En su camino a Jerusalén donde va a ser entregado, Jesús instruye a sus discípulos sobre el destino de cruz del Hijo del Hombre. Pero los discípulos no entendieron lo que les decía (9,32), no cabía en sus mentes la idea de un Mesías que habría de acabar en cruz.
Esta incapacidad para entender a Jesús se pone de manifiesto en la discusión que tienen entre ellos. ¿De qué discutían por el camino?, les pregunta Jesús. Ellos discutían quién era el más importante en del grupo. El deseo de ser reconocido y apreciado es natural; su realización asegura la autoestima y la confianza básica que consolidan, a su vez, la identidad de la persona y la mueven a progresar y perfeccionarse.
Más aún, Dios quiere que fructifiquen los talentos que Él nos da, que aspiremos a las más altas formas de servicio que podemos ofrecer, usando esos mismos talentos que Él ha puesto en nosotros. Pero sobre este deseo natural y sobre esta voluntad de Dios que nos abre al más, al mayor servicio y a su mayor gloria, se puede sobreponer el afán de sobresalir por encima de los demás, la actitud arribista de quien a toda costa quiere ocupar el primer lugar, buscando ya no el mejor servicio sino su propia gloria. Esta actitud la tenían los discípulos de Jesús, acrecentada tal vez porque las distinciones, los rangos y los puestos de importancia, era un tema particularmente debatido en el ambiente judío.
Jesús aprovecha esta ocasión para transmitir una enseñanza sobre el modelo de autoridad que deberá ejercitarse en su comunidad. Será un modelo basado en una lógica diferente a la que emplean los gobernantes. Será la lógica del servicio y de la solidaridad, que invierte los valores del mundo y adquiere toda su densidad de significado en el hecho palpable de que Jesús, siendo el primero, prefiere ser el servidor de todos.
Según el evangelio, sólo es lícito ejercer la autoridad como servicio, nunca como poder de dominio sobre los demás. Todo cargo se ha de ejercer para favorecer el bien común, atender y servir a las personas. Se corrompe la autoridad y se perjudica el derecho y la dignidad de las personas cuando los gobernantes se utilizan el poder para lucrar y servirse a sí mismos del modo que sea. A los ojos de Dios el primero es el que mejor sirve. El servicio es la norma básica de la conducta agradable a Dios. Y si este servicio se hace a los más débiles y postergados de la sociedad, tanto mejor.
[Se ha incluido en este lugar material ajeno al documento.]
//! Reads sources, one design a row, and prints their modules or why there are none.
//!
//! The files of a design stand behind one another, with a tab between them. `\` stands before two hexadecimal digits, and with
//! them for the byte of this number; every other byte stands for itself. A line that begins with `#` is printed as it is.
//!
//! A place is the number of the file, the line and the column.
ghost use Rattle.std.specs.Prelude.{◌<◌, ◌^◌, length, All, IsTrue};

mod told;

use anyhow::Result;
use case_lines::unescaped;
use mcy_base::{Bytes, SourceFile, Text};
use source_trees::read_modules;
use std::alloc::Global;
use std::io;
use told::{tell_error, tell_modules};

/// The least length of a file that is not read.
const MAX_LEN: usize = 1 << 31;

/// How many files are read.
const MAX_FILES: usize = 65_536;

/// Adds the files of a line.
fn add_files(alloc: Global, files: &mut Vec<SourceFile>, line: &str) -> Result<()> {
    for text in line.split('\t') {
        files.push(SourceFile {
            name: Text::copy(alloc, "")?,
            bytes: Bytes::from_vec(unescaped(alloc, text)?),
        })?;
    }
    Ok(())
}

/// Whether all files are short enough.
fn are_short(files: &[SourceFile]) -> bool
    ensures { IsTrue result → All (λ f. length f.bytes < 2 ^ 31) files.now }
{
    files
        .iter()
        .all(|file| file.bytes.as_slice().len() < MAX_LEN)
}

/// Prints the modules of files, or why there are none.
fn answer<R: Print + AllocGlobal>(rt: &R, files: &[SourceFile]) -> io::Result<()> {
    if files.len() > MAX_FILES || !are_short(files) {
        return println!(rt; "too long");
    }
    match read_modules(rt.alloc(), files) {
        Ok(modules) => tell_modules(rt, &modules)?,
        Err(error) => tell_error(rt, error)?,
    }
    println!(rt; "")
}

/// Prints what a row says.
pub(crate) fn carry_out<R: Print + AllocGlobal>(rt: &R, line: &str) -> Result<()> {
    if line.starts_with('#') {
        return Ok(println!(rt; "{line}")?);
    }
    let mut files = Vec::new(rt.alloc());
    add_files(rt.alloc(), &mut files, line)?;
    Ok(answer(rt, &files)?)
}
Así se comportó Jesús y en su modo de actuar nos mostró la actuación misma de Dios.
El gesto que a continuación hace Jesús sirve para reforzar esta idea. Jesús coloca a un niño en medio del grupo, lo abraza y dice: El que acoge a un niño como éste en mi nombre, me acoge a mí; y el que me acoge a mí, no me acoge a mí, sino al que me ha enviado.
Este gesto simbólico pone en evidencia lo que Jesús quiere. En la sociedad judía, el huérfano, la viuda, el extranjero, el siervo, el niño estaban privados de derechos; para Jesús, son los más importantes. Los niños nada poseen. Son y llegan a ser lo que se les da. Refiriéndose a ellos, Jesús ilustra la relación que hay entre el poder y la búsqueda del reino de Dios: hay que superar el afán de posesión y de dominio (ya sea de personas o de bienes), incluso el poseerse a sí mismo, para poder entregar la vida y recibir a cambio la verdadera y feliz vida eterna.
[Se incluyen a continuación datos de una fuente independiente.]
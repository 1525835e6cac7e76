//! Reads short Verilog sources: as tokens, as trees, and as designs of several files. Prints what each says.
//!
//! A line `§ NAME` of standard input begins the table of that name, and is printed. Each other line is a row of its table:
//!
//! | table | row |
//! |---|---|
//! | `tokens` | A statement about the tokens of a text. |
//! | `trees` | A statement about the trees of a text. |
//! | `sources` | The files of a design. |
#![tactic(auto)]

mod sources;
mod tokens;
mod trees;

use anyhow::{Context, Result};

/// What the rows are.
#[derive(Clone, Copy)]
enum Table {
    Tokens,
    Trees,
    Sources,
}

/// The table of this name.
fn table_of(name: &str) -> Option<Table> {
    match name {
        "tokens" => Some(Table::Tokens),
        "trees" => Some(Table::Trees),
        "sources" => Some(Table::Sources),
        _ => None,
    }
}

/// Prints what a row says.
fn answer<R: Print + AllocGlobal>(rt: &R, table: Table, row: &str) -> Result<()> {
    match table {
        Table::Tokens => Ok(tokens::carry_out(rt, row)?),
        Table::Trees => Ok(trees::carry_out(rt, row)?),
        Table::Sources => sources::carry_out(rt, row),
    }
}

/// Begins a table, or prints what a row of this table says.
fn carry_out<R: Print + AllocGlobal>(rt: &R, table: Table, line: &str) -> Result<Table> {
    if let Some(name) = line.strip_prefix("§ ") {
        println!(rt; "{line}")?;
        return table_of(name).context("no table");
    }
    answer(rt, table, line)?;
    Ok(table)
}

fn main(rt: HostRuntime) -> Result<()> {
    let mut table = Table::Tokens;
    for line in rt.lines(rt.alloc()) {
        table = carry_out(&rt, table, line?.as_str())?;
    }
    Ok(())
}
A los niños y a quienes se les asemejan, les pertenece el Reino. Porque son los desprovistos, porque no tienen su seguridad en sí mismos y viven sin pretensiones ni ambiciones, por eso su vida está abierta –pendiente– del don de Dios. Por no tener nada y recibirlo todo, los niños son los últimos. Porque todo en sus vidas depende de Dios, son los primeros en su corazón. Nada poseen; Dios es todo para ellos. Por eso Jesús se identifica con ellos: Quien acoge a uno de estos pequeños, a mí me acoge.
La lección es clara: el discípulo ha de renunciar a toda falsa afirmación de sí mismo para poder acoger el don del Reino. La persona encuentra su verdadero valor en su actitud de amor y servicio a aquellos con los que Cristo se identifica.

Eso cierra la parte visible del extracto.